After 2 years of activity, this led Linus Torvalds to say i915's quality has greatly improved compared to other graphic drivers.
Linux's development model has been described as being
akin to a bazaar, where any developer can make changes to Linux as long
as they strictly improve the state of Linux, without regressing any
application that currently runs on it. This allows Linux users to update
their kernels and benefit from the work of all developers, without
having to fix anything in their applications when a new version comes.
Unfortunately, it is impossible for developers to try their changes on
all the different hardware and userspace combination being used in the wild.
Typically, a developer will mostly test the feature he/she is working on
with the hardware at hand before submitting the patch for review. Once
reviewed, the patch can land in a staging repository controlled by the
maintainer of the subsystem the patch is changing. Validation of the
staging tree is then performed ahead of sending these changes to Linus
Torvalds (or one of his maintainers). Regressions caught at this point
require to bisect the issue, which is time consuming and usually done by
a separate team, which may become a bottleneck. Sometimes they let
regressions through, hoping to be able to fix them during the -rc cycles.

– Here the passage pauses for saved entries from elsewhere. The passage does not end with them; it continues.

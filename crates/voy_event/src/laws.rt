ghost use Rattle.voy_event.specs.Laws.{EventsReadBack, LinesStandInSegments};

/// The law that a line which [`write_line`](crate::write_line) wrote of a lawful event reads back as the
/// same event, for every schema and every line within its limit. There is nothing to run.
pub fn events_read_back()
    ensures { EventsReadBack }
{}

/// The law that the line which [`write_line`](crate::write_line) writes of a lawful event has no LF and is
/// not the line that closes a segment. There is nothing to run.
pub fn lines_stand_in_segments()
    ensures { LinesStandInSegments }
{}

To address this bottleneck, the developer should be responsible for
validating the change completely. This leads to a virtuous cycle as not
only developers can rework their patches until they do not break
anything (saving the time of other people), but they also become more
aware of the interaction their changes have on userspace, which improves
their understanding of the driver which leads to better future patches.

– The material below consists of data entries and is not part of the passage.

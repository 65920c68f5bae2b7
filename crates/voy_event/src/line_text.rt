ghost use Rattle.std.specs.Prelude.{◌≡◌, ◌++◌, slice_get, IfOk, OnOk, OnErr};
ghost use Rattle.serde_json.specs.View.{members_view, view};
ghost use Rattle.voy_schema.specs.Rows.{text_of, value_at};
ghost use Rattle.voy_event.specs.LawfulEvent.{IsWritable, IsWritableChange};
ghost use Rattle.voy_event.specs.LineText.{after_data, before_data, change_data, cutover_data, event_data, key_data, line_text, op_text, row_data, value_data, with_text};
ghost use Rattle.voy_tables.specs.Changes.{keyed_row};
ghost use Rattle.voy_tables.specs.Changes.{table_of};

use crate::event::{Event, What};
use crate::words::text_of_role;
use serde_json::{Map, Value as Json, json};
use std::alloc::{AllocError, Global};
use voy_schema::{Bytes, Column, Row, Schema, Table, Value};
use voy_tables::{Change, Role, key_text};

/// Appends the canonical text of the event's line to `to`, without LF. It asks an event that belongs to
/// the schema, with a vsn from 1. After an error `to` is as before.
pub fn write_line(
    alloc: Global,
    schema: &Schema,
    event: &Event,
    to: &mut Bytes,
) -> Result<(), AllocError>
    requires { IsWritable schema.now.tables event.now }
    ensures ok { OnOk result (to.new ≡ to.old ++ line_text schema.now.tables event.now) }
    ensures err { OnErr result (to.new ≡ to.old) }
{
    let line = event_value(alloc, schema, event)?;
    let text = line.to_vec(alloc)?;
    to.append_slice(text.as_slice())
}

fn event_value(alloc: Global, schema: &Schema, event: &Event) -> Result<Json, AllocError>
    requires { IsWritable schema.now.tables event.now }
    ensures { IfOk result (λ v. view v ≡ event_data schema.now.tables event.now) }
{
    match &event.what {
        What::Change(change) => {
            let table = changed_table(schema, change);
            change_value(alloc, table, event.vsn, event.role, change)
        }
        What::CutoverTarget => cutover_value(alloc, "cutover.target", event.vsn, event.role),
        What::CutoverSource => cutover_value(alloc, "cutover.source", event.vsn, event.role),
    }
}

fn changed_table<'a>(schema: &'a Schema, change: &Change) -> &'a Table
    requires { IsWritableChange schema.now.tables change.now }
    ensures { slice_get schema.now.tables (table_of change.now) ≡ Some result.now }
{
    match schema.tables.get(change.table() as usize) {
        Some(table) => table,
        None => unreachable!(),
    }
}

#[tactic(auto, unfolding(crate::specs::LineText::change_data))]
fn change_value(
    alloc: Global,
    table: &Table,
    vsn: u64,
    role: Role,
    change: &Change,
) -> Result<Json, AllocError>
    ensures { IfOk result (λ v. view v ≡ change_data table.now vsn role change.now) }
{
    let before_fields = before_value(alloc, table, change)?;
    let fields = after_value(alloc, table, change)?;
    let key = key_value(alloc, table, keyed_row(change))?;
    let role_text = text_of_role(role);
    let op = op_text(change);
    let schema_name = table.schema_name.as_str();
    let table_name = table.table_name.as_str();
    json!(in alloc; {
        "before_fields": before_fields,
        "exporter_role": role_text,
        "fields": fields,
        "key": key,
        "op": op,
        "schema_name": schema_name,
        "table_name": table_name,
        "vsn": vsn,
    })
}

#[tactic(auto, unfolding(crate::specs::LineText::cutover_data))]
fn cutover_value(alloc: Global, op: &str, vsn: u64, role: Role) -> Result<Json, AllocError>
    ensures { IfOk result (λ v. view v ≡ cutover_data op.now vsn role) }
{
    let role_text = text_of_role(role);
    json!(in alloc; {"exporter_role": role_text, "op": op, "vsn": vsn})
}

pub(crate) fn op_text(change: &Change) -> &'static str
    ensures { result.now ≡ op_text change.now }
{
    match change {
        Change::Insert { .. } => "c",
        Change::Update { .. } => "u",
        Change::Delete { .. } => "d",
    }
}

/// A row of the change, whose key is the key of each.
pub(crate) fn keyed_row(change: &Change) -> &Row
    ensures { result.now ≡ keyed_row change.now }
{
    match change {
        Change::Insert { after, .. } => after,
        Change::Update { before, .. } => before,
        Change::Delete { before, .. } => before,
    }
}

fn before_value(alloc: Global, table: &Table, change: &Change) -> Result<Json, AllocError>
    ensures { IfOk result (λ v. view v ≡ before_data table.now change.now) }
{
    match change {
        Change::Insert { .. } => Ok(Json::Null),
        Change::Update { before, .. } => row_value(alloc, table.columns.as_slice(), before),
        Change::Delete { before, .. } => row_value(alloc, table.columns.as_slice(), before),
    }
}

fn after_value(alloc: Global, table: &Table, change: &Change) -> Result<Json, AllocError>
    ensures { IfOk result (λ v. view v ≡ after_data table.now change.now) }
{
    match change {
        Change::Insert { after, .. } => row_value(alloc, table.columns.as_slice(), after),
        Change::Update { after, .. } => row_value(alloc, table.columns.as_slice(), after),
        Change::Delete { .. } => Ok(Json::Null),
    }
}

/// The row as an object of column values.
fn row_value(alloc: Global, columns: &[Column], row: &Row) -> Result<Json, AllocError>
    ensures { IfOk result (λ v. view v ≡ row_data columns.now row.now) }
{
    let mut found = Map::new(alloc);
    for (column, value) in columns.iter().zip(row.as_slice()) {
        let value = value_of(alloc, value)?;
        serde_json::put(&mut found, alloc, column.name.as_str(), value)?;
    }
    Ok(Json::Object(found))
}

fn value_of(alloc: Global, value: &Value) -> Result<Json, AllocError>
    ensures { IfOk result (λ v. view v ≡ value_data value.now) }
{
    match value {
        Value::Null => Ok(Json::Null),
        Value::Text(text) => Ok(Json::String(String::from_str(alloc, text.as_str())?)),
    }
}

/// The key of the row as an object.
fn key_value(alloc: Global, table: &Table, row: &Row) -> Result<Json, AllocError>
    ensures { IfOk result (λ v. view v ≡ key_data table.now row.now) }
{
    let mut found = Map::new(alloc);
    for place in table.primary_key.as_slice() {
        put_text(alloc, &mut found, table, row, *place)?;
    }
    Ok(Json::Object(found))
}

/// Puts in the column at this place with the row's text there. After an error `found` is as before.
fn put_text(
    alloc: Global,
    found: &mut Map<String, Json>,
    table: &Table,
    row: &Row,
    place: u32,
) -> Result<(), AllocError>
    ensures { OnOk result (members_view found.new.entries
        ≡ with_text (slice_get table.now.columns place) (text_of (value_at row.now place))
        (members_view found.old.entries)) }
{
    let Some(column) = table.columns.get(place as usize) else {
        return Ok(());
    };
    let text = String::from_str(alloc, key_text(row, place))?;
    serde_json::put(found, alloc, column.name.as_str(), Json::String(text))
}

To enable putting the full cost of integration on developers, validation
needs to become 100% automated, have 100% code/HW coverage of the
userspace usecases, and provide timely validation results to even the
most time-pressured developers. To reach these really ambitious
objectives, driver developers and validation engineers need to be
considered as one team. The CI system developers need to provide a
system capable of reaching the objectives, and driver developers need to
develop a test suite capable of reaching the goal of having 100% code
coverage of the whole driver on the CI system provided to them.
Finally, this increase in understanding of how validation is done allows
developers to know if their patch series will be properly validated,
which reduces the risk of letting regressions land in Linux.
The devil however lies in the details, so in this talk, we will explain
how we are going from theory to practice, what is our current status and
what we are doing to get closer to our ambitious goal! We will describe
the current developer workflow and demonstrate how we empowered
developers by providing timely testing as a transparent service to
anyone sending patches to our mailing lists.